//! A turn: a round of what waits, in cells or on replicas, and what it changed put beside the heap; or, where rounds don't pay, a run of what
//! waits in order.

ghost use Rattle.std.specs.Prelude.{◌≡◌, ◌↔◌, ◌<◌, ◌≤◌, ◌+◌, ◌*◌, true, All, Contains, IsTrue, List, length, IfOk};
ghost use Rattle.ca_program.specs.View.{program_view};
ghost use Rattle.ca_program.specs.declared.program.OpId.{OpId};
ghost use Rattle.ca_model.specs.declared.value.Object.{Object};
ghost use Rattle.ca_model.specs.Heaps.{values_in};
ghost use Rattle.ca_beside.specs.Beside.{present};
ghost use Rattle.ca_cells.specs.Logs.{touched_in};
ghost use Rattle.ca_logs.specs.declared.log.Task.{Task};
ghost use Rattle.ca_logs.specs.Entries.{task_calls};
ghost use Rattle.ca_logs.specs.Laws.{objects_of};
ghost use Rattle.ca_logs.specs.Touched.{logs_of};
ghost use Rattle.ca_pool.specs.Gathered.{IsTold};
ghost use Rattle.ca_sum_laws.specs.Summed.{HasOnlySums};
ghost use Rattle.ca_replica.specs.Adding.{Once};
ghost use Rattle.ca_workers.specs.clauses.Runs.{BeginsAnew, IsSetting, MayWait, TurnedTo, with_lent};

use crate::reading::met_in;
use crate::rounds::{Left, Rounds, at_work};
use crate::storing::{store, store_sums};
use crate::tasks::{
    all_tasks, as_many, begin_anew, behind, calls_of, lent_from, most_of, newest_of, tasks_of,
    together,
};
use ca_base::{Gate, Memory};
use ca_beside::Beside;
use ca_cells::RoundLog;
use ca_logs::Task;
use ca_model::Heap;
use ca_parallel::Op;
use ca_replica::summed;
use ca_run::{Progress, run_some};
use ca_schedule::may_copy;
use ca_sections::Desk;
use ca_sum_pool::{SummedRound, round_summed};
use std::alloc::AllocError;
use std::sync::Wait;
use std::thread::Threads;

/// What waits behind a turn: the first ones of the calls that are lent, so many, and tasks behind them; and the steps that it
/// took.
#[derive(Drop)]
pub struct Turn {
    pub lent: usize,
    pub rest: Vec<Task>,
    pub steps: u64,
}

/// What waits behind a round in cells, whose objects, those that it touched, go beside the heap.
pub(crate) fn turn_behind(left: Left, beside: &mut Beside) -> Result<Turn, AllocError>
    requires { IsTold left.log }
    ensures turn { IfOk result (λ turn. turn ≡ record { lent = 0; rest = left.rest; steps = left.steps }) }
    ensures heap { IfOk result (λ _. (h : List Object) → present h beside.new ≡ objects_of (logs_of (present h beside.old) (touched_in left.log))) }
{
    let Left { log, rest, steps } = left;
    let RoundLog {
        numbers,
        logs,
        loose: _,
        heap: _,
        beside: _,
        keeps: _,
    } = log;
    store(numbers, logs, beside)?;
    Ok(Turn {
        lent: 0,
        rest,
        steps,
    })
}

/// A turn in order runs so many operations at most; no run takes as long.
const MOST_IN_ORDER: u64 = u64::MAX;

/// Puts spare memory back beside the heap.
fn give_back(memory: Beside, beside: &mut Beside)
    ensures { beside.new ≡ beside.old }
{
    let _none = memory.into_items(beside);
}

impl<'s, R: Threads + Wait + Sync, G: Gate + Sync> Rounds<'s, R, G> {
    /// Whether each worker keeps sums of its own: where the extent only sums, and copies for each aren't too much.
    pub fn keeps_sums(&self, frozen: &Heap) -> bool
        ensures { IsTrue result ↔ ((values_in frozen.now * self.now.workers ≤ 16000000) × ((op : OpId) → Contains self.now.extent.now.ops op → HasOnlySums (program_view self.now.program.now) self.now.extent.now.written op)) }
    {
        if !may_copy(self.workers, frozen.values()) {
            return false;
        }
        summed(self.program.program(), self.extent)
    }

    /// Runs a round in cells, and takes the objects that it touched beside the heap. Copies are made in the memory of spare objects
    /// that stand there.
    fn turn_in_cells(
        &self,
        frozen: &Heap,
        beside: &mut Beside,
        listed: &[Op],
        waiting: Vec<Task>,
        quota: u32,
        left: u64,
    ) -> Result<Option<Turn>, Memory>
        requires setting { IsSetting (program_view self.now.program.now) self.now.extent.now frozen.now }
        requires waiting { MayWait (program_view self.now.program.now) self.now.extent.now frozen.now (present frozen.now beside.old) (task_calls (with_lent listed.now waiting.items)) }
        requires begins { All (λ (t : Task). t.after ≡ 0) waiting.items }
        requires some { 0 < length listed.now + length waiting.items }
        requires quota { 0 < quota }
        ensures turned { IfOk result (TurnedTo (program_view self.now.program.now) frozen.now (present frozen.now beside.old) listed.now waiting.items left (present frozen.now beside.new)) }
        ensures begins { IfOk result BeginsAnew }
    {
        let tasks = all_tasks(self.alloc, listed, waiting)?;
        let most = most_of(self.workers, quota);
        let mut memory = beside.lend(self.alloc, 0, most);
        let went = self.run_round(frozen, beside, tasks, quota, left, false, &mut memory)?;
        let round = match went {
            Some(round) => round,
            None => return Ok(None),
        };
        self.weigh(&round);
        let turn = turn_behind(round, beside)?;
        give_back(memory, beside);
        Ok(Some(turn))
    }

    /// Runs a round on replicas, and adds their sums to the objects beside the heap.
    ///
    /// The round is given as many of the calls and tasks as its workers may run, the newest; the others stay where they are,
    /// before what the round leaves.
    fn turn_summed(
        &self,
        frozen: &Heap,
        beside: &mut Beside,
        listed: &[Op],
        waiting: Vec<Task>,
        quota: u32,
        left: u64,
    ) -> Result<Option<Turn>, Memory>
        requires setting { IsSetting (program_view self.now.program.now) self.now.extent.now frozen.now }
        requires sums { (op : OpId) → Contains self.now.extent.now.ops op → HasOnlySums (program_view self.now.program.now) self.now.extent.now.written op }
        requires once { Once self.now.extent.now.written }
        requires waiting { MayWait (program_view self.now.program.now) self.now.extent.now frozen.now (present frozen.now beside.old) (task_calls (with_lent listed.now waiting.items)) }
        requires begins { All (λ (t : Task). t.after ≡ 0) waiting.items }
        requires some { 0 < length listed.now + length waiting.items }
        requires quota { 0 < quota }
        ensures turned { IfOk result (TurnedTo (program_view self.now.program.now) frozen.now (present frozen.now beside.old) listed.now waiting.items left (present frozen.now beside.new)) }
        ensures begins { IfOk result BeginsAnew }
    {
        let mut others = waiting;
        let most = most_of(self.workers, quota);
        let first = newest_of(self.alloc, &mut others, most)?;
        let from = lent_from(listed, &others, &first, most);
        let calls = &listed[from..];
        let given = as_many(calls, &first);
        let count = at_work(self.workers, given);
        let SummedRound {
            replicas,
            mut rest,
            steps: sum,
            stop,
        } = round_summed(
            self.rt,
            self.alloc,
            self.program,
            self.extent,
            frozen,
            self.gate,
            count as usize,
            calls,
            first,
            quota,
            left,
            beside,
        )?;
        if stop.is_some() {
            return Ok(None);
        }
        match sum {
            Some(steps) => {
                self.weigh_sums(given, steps);
                store_sums(replicas, self.extent, frozen, beside)?;
                begin_anew(&mut rest);
                let waits = together(others, rest)?;
                Ok(Some(Turn {
                    lent: from,
                    rest: waits,
                    steps,
                }))
            }
            None => Ok(None),
        }
    }

    /// Runs what waits on the calling thread, one operation after the other and beside the heap, and passes the gate before each as
    /// worker 0.
    fn turn_in_order(
        &self,
        frozen: &Heap,
        beside: &mut Beside,
        listed: &[Op],
        waiting: Vec<Task>,
        left: u64,
    ) -> Result<Option<Turn>, Memory>
        requires setting { IsSetting (program_view self.now.program.now) self.now.extent.now frozen.now }
        requires waiting { MayWait (program_view self.now.program.now) self.now.extent.now frozen.now (present frozen.now beside.old) (task_calls (with_lent listed.now waiting.items)) }
        requires some { 0 < length listed.now + length waiting.items }
        ensures turned { IfOk result (TurnedTo (program_view self.now.program.now) frozen.now (present frozen.now beside.old) listed.now waiting.items left (present frozen.now beside.new)) }
        ensures begins { IfOk result BeginsAnew }
    {
        let mut desk = Desk::new(self.alloc)?;
        let mut ops = calls_of(self.alloc, waiting)?;
        let mut next: usize = 0;
        let went = run_some(
            self.gate,
            &mut desk,
            self.alloc,
            self.program,
            frozen,
            beside,
            listed,
            &mut next,
            &mut ops,
            left,
            MOST_IN_ORDER,
        )?;
        let steps = match went {
            Progress::Went { steps } => steps,
            Progress::Stuck => return Ok(None),
        };
        let tasks = tasks_of(self.alloc, ops)?;
        let rest = all_tasks(self.alloc, behind(listed, next), tasks)?;
        Ok(Some(Turn {
            lent: 0,
            rest,
            steps,
        }))
    }

    /// Notes whether a round in cells met more than was expected.
    fn weigh(&self, round: &Left) {
        let met = met_in(&round.log, round.steps);
        self.pays.set(self.expected.goes_on(met));
    }

    /// Notes whether a round of sums did, in which so many calls took so many steps.
    fn weigh_sums(&self, calls: usize, steps: u64) {
        self.pays.set(self.expected.sums_go_on(calls, steps));
    }

    /// Runs a round, on replicas where the workers keep sums, and else in cells; or, behind one that met more than was expected, what waits
    /// in order. What changed is beside the heap then. `None`: what waits has no complete run within the budget.
    pub fn turn(
        &self,
        frozen: &Heap,
        beside: &mut Beside,
        listed: &[Op],
        waiting: Vec<Task>,
        quota: u32,
        left: u64,
        sums: bool,
    ) -> Result<Option<Turn>, Memory>
        requires setting { IsSetting (program_view self.now.program.now) self.now.extent.now frozen.now }
        requires sums { sums ≡ true → (op : OpId) → Contains self.now.extent.now.ops op → HasOnlySums (program_view self.now.program.now) self.now.extent.now.written op }
        requires once { Once self.now.extent.now.written }
        requires waiting { MayWait (program_view self.now.program.now) self.now.extent.now frozen.now (present frozen.now beside.old) (task_calls (with_lent listed.now waiting.items)) }
        requires begins { All (λ (t : Task). t.after ≡ 0) waiting.items }
        requires some { 0 < length listed.now + length waiting.items }
        requires quota { 0 < quota }
        ensures turned { IfOk result (TurnedTo (program_view self.now.program.now) frozen.now (present frozen.now beside.old) listed.now waiting.items left (present frozen.now beside.new)) }
        ensures begins { IfOk result BeginsAnew }
    {
        if !self.met_as_expected() {
            return self.turn_in_order(frozen, beside, listed, waiting, left);
        }
        if sums {
            return self.turn_summed(frozen, beside, listed, waiting, quota, left);
        }
        self.turn_in_cells(frozen, beside, listed, waiting, quota, left)
    }
}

--*--

*Goal of the exercise*. Nothing but the lines from the top of the records down to the line with "use ca_sections::Desk;" belongs in the answer; repeat them exactly.

*Exercise answer*.
//! A turn: a round of what waits, in cells or on replicas, and what it changed put beside the heap; or, where rounds don't pay, a run of what
//! waits in order.

ghost use Rattle.std.specs.Prelude.{◌≡◌, ◌↔◌, ◌<◌, ◌≤◌, ◌+◌, ◌*◌, true, All, Contains, IsTrue, List, length, IfOk};
ghost use Rattle.ca_program.specs.View.{program_view};
ghost use Rattle.ca_program.specs.declared.program.OpId.{OpId};
ghost use Rattle.ca_model.specs.declared.value.Object.{Object};
ghost use Rattle.ca_model.specs.Heaps.{values_in};
ghost use Rattle.ca_beside.specs.Beside.{present};
ghost use Rattle.ca_cells.specs.Logs.{touched_in};
ghost use Rattle.ca_logs.specs.declared.log.Task.{Task};
ghost use Rattle.ca_logs.specs.Entries.{task_calls};
ghost use Rattle.ca_logs.specs.Laws.{objects_of};
ghost use Rattle.ca_logs.specs.Touched.{logs_of};
ghost use Rattle.ca_pool.specs.Gathered.{IsTold};
ghost use Rattle.ca_sum_laws.specs.Summed.{HasOnlySums};
ghost use Rattle.ca_replica.specs.Adding.{Once};
ghost use Rattle.ca_workers.specs.clauses.Runs.{BeginsAnew, IsSetting, MayWait, TurnedTo, with_lent};

use crate::reading::met_in;
use crate::rounds::{Left, Rounds, at_work};
use crate::storing::{store, store_sums};
use crate::tasks::{
    all_tasks, as_many, begin_anew, behind, calls_of, lent_from, most_of, newest_of, tasks_of,
    together,
};
use ca_base::{Gate, Memory};
use ca_beside::Beside;
use ca_cells::RoundLog;
use ca_logs::Task;
use ca_model::Heap;
use ca_parallel::Op;
use ca_replica::summed;
use ca_run::{Progress, run_some};
use ca_schedule::may_copy;
use ca_sections::Desk;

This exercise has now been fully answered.